La bonne orientation
Les enzymes de restriction appartiennent à deux classes générales. Ils ont soit coupé l'ADN dans des extrémités collantes ou des extrémités émoussées. Une extrémité collante a une courte région de nucléotides, les éléments constitutifs de l'ADN, qui est non appariée. Cette région non appariée est appelée un surplomb. Le porte-à-faux est dit collant car il veut et va se coupler avec une autre extrémité collante qui a une séquence de porte-à-faux complémentaire. Les bouts collants sont comme des jumeaux disparus qui cherchent à se serrer dans leurs bras une fois qu'ils se sont rencontrés. D'autre part, les extrémités franches ne sont pas collantes car tous les nucléotides sont déjà appariés entre les deux brins d'ADN. L'avantage des extrémités cohésives est qu'un fragment d'ADN humain ne peut être inséré dans un plasmide bactérien que dans un seul sens. En revanche, si l'ADN humain et le plasmide bactérien ont des extrémités franches, l'ADN humain peut être inséré tête à queue ou queue à tête dans le plasmide.
La ligature des extrémités collantes nécessite moins d'ADN
Bien que l'ADN à bouts de bâtons ait plus de facilité à se retrouver en raison de leur «caractère collant», ni les bouts collants ni les bouts émoussés ne peuvent se fondre en un morceau continu d'ADN. La formation d'un morceau continu d'ADN complètement lié nécessite une enzyme appelée ligase. Les ligases connectent les dorsales des nucléotides aux extrémités collantes ou franches, ce qui donne une chaîne continue de nucléotides. Les extrémités collantes se trouvant plus rapidement en raison de leur attrait, le processus de ligature nécessite moins d’ADN humain et moins d’ADN plasmidique. Les extrémités franches de l'ADN et des plasmides ont moins de chances de se retrouver. Par conséquent, la ligature des extrémités franches nécessite que davantage d'ADN soit introduit dans le tube à essai.

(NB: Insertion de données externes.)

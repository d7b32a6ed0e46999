//! Free names.
ghost use Rattle.std.specs.Prelude.{◌≡◌, ◌++◌, IfOk, OnOk};
ghost use Rattle.poets_expr.specs.Expression.{expression_of};
ghost use Rattle.poets_expr.specs.Free.{free_names_of, with_name, with_names};
ghost use Rattle.poets_expr.specs.code.Names.{names_in};

use crate::expr::Expr;
use poets_value::{List, Memory, Name};
use std::alloc::Global;

/// Each free name once, in the order in which they first occur. A kind within a resource literal is no free name.
#[tactic(auto, using(crate::proofs::FreeNames::with_names_free))]
pub fn free_names(alloc: Global, e: &Expr) -> Result<List<Name>, Memory>
    ensures { IfOk result (λ r. r.items ≡ free_names_of (expression_of e.now)) }
{
    let mut names = List::new(alloc);
    add_names(e, &mut names)?;
    Ok(names)
}

// Adds the names of the expression that are not there yet.
fn add_names(e: &Expr, names: &mut List<Name>) -> Result<(), Memory>
    ensures { OnOk result (names.new.items ≡ with_names names.old.items (names_in e.now)) }
{
    match e {
        Expr::Int(_) | Expr::Bool(_) | Expr::Day(_) | Expr::Res(_) | Expr::Undefined(_) => Ok(()),
        Expr::Name(name) => add_name(*name, names),
        Expr::Neg(a) | Expr::Not(a) | Expr::Amount(a) | Expr::KindOf(a) => add_names(a, names),
        Expr::Make(a, b) | Expr::Op(_, a, b) => {
            add_names(a, names)?;
            add_names(b, names)
        }
        Expr::If(a, b, c) => {
            add_names(a, names)?;
            add_names(b, names)?;
            add_names(c, names)
        }
    }
}

// Adds the name at the end, unless it is there.
fn add_name(name: Name, names: &mut List<Name>) -> Result<(), Memory>
    ensures { OnOk result (names.new.items ≡ with_name names.old.items name) }
{
    if names.as_slice().contains(&name) {
        return Ok(());
    }
    names.push(name).map_err(|_| Memory)
}
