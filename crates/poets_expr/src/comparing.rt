//! Whether two expressions are one tree.
ghost use Rattle.std.specs.Prelude.{◌≡◌, ◌↔◌, IsTrue};
ghost use Rattle.poets_expr.specs.Expression.{expression_of};
ghost use Rattle.poets_expr.specs.Same as spec;

use crate::expr::Expr;

/// Whether two trees are equal.
#[tactic(auto, using(crate::proofs::SameTrees::same_iff))]
pub fn same(a: &Expr, b: &Expr) -> bool
    ensures test { result ≡ spec.same (expression_of a.now) (expression_of b.now) }
    ensures equal { IsTrue result ↔ (expression_of a.now ≡ expression_of b.now) }
{
    same_trees(a, b)
}

fn same_trees(a: &Expr, b: &Expr) -> bool
    ensures { result ≡ spec.same (expression_of a.now) (expression_of b.now) }
{
    match (a, b) {
        (Expr::Int(x), Expr::Int(y)) => x == y,
        (Expr::Bool(x), Expr::Bool(y)) => x == y,
        (Expr::Day(x), Expr::Day(y)) => x == y,
        (Expr::Res(x), Expr::Res(y)) => x == y,
        (Expr::Undefined(x), Expr::Undefined(y)) => x == y,
        (Expr::Name(x), Expr::Name(y)) => x == y,
        (Expr::Neg(x), Expr::Neg(y)) => same_trees(x, y),
        (Expr::Not(x), Expr::Not(y)) => same_trees(x, y),
        (Expr::Amount(x), Expr::Amount(y)) => same_trees(x, y),
        (Expr::KindOf(x), Expr::KindOf(y)) => same_trees(x, y),
        (Expr::Make(x, v), Expr::Make(y, w)) => same_trees(x, y) && same_trees(v, w),
        (Expr::Op(o, x, v), Expr::Op(p, y, w)) => { o == p && same_trees(x, y) && same_trees(v, w) }
        (Expr::If(x, v, t), Expr::If(y, w, u)) => {
            same_trees(x, y) && same_trees(v, w) && same_trees(t, u)
        }
        _ => false,
    }
}
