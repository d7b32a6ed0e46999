//! Building expressions from others.
ghost use Rattle.std.specs.Prelude.{◌≡◌, IfOk};

pub use crate::comparing::same;
pub use crate::copies::copy;
use crate::expr::Expr;
pub use crate::replacing::{literal, subst};
use poets_value::Memory;
use std::alloc::Global;

/// An expression in a box of its own.
pub fn boxed(alloc: Global, e: Expr) -> Result<Box<Expr>, Memory>
    ensures { IfOk result (λ b. b.value ≡ e) }
{
    Ok(Box::new(alloc, e)?)
}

Différentes enzymes peuvent donner la même extrémité collante
Les sites de restriction sont situés dans tout le génome des organismes, mais ne sont pas espacés de manière égale. Dans les plasmides, ils peuvent être modifiés pour être situés les uns à côté des autres. Les scientifiques qui souhaitent découper un fragment d’ADN humain dans le génome humain doivent trouver les sites de restriction situés à l’avant et à l’arrière de la région du fragment. En plus de garantir qu'un fragment d'ADN est inséré dans la bonne direction, différentes enzymes d'extrémité collante peuvent créer la même extrémité collante, même si elles reconnaissent différentes séquences de restriction. Par exemple, BamHI, BglII et Sau3A ont des séquences de reconnaissance différentes mais produisent la même extrémité collante GATC. Cela augmente la probabilité qu'il y ait des sites de restriction aux extrémités collantes qui encadrent le gène d'intérêt humain.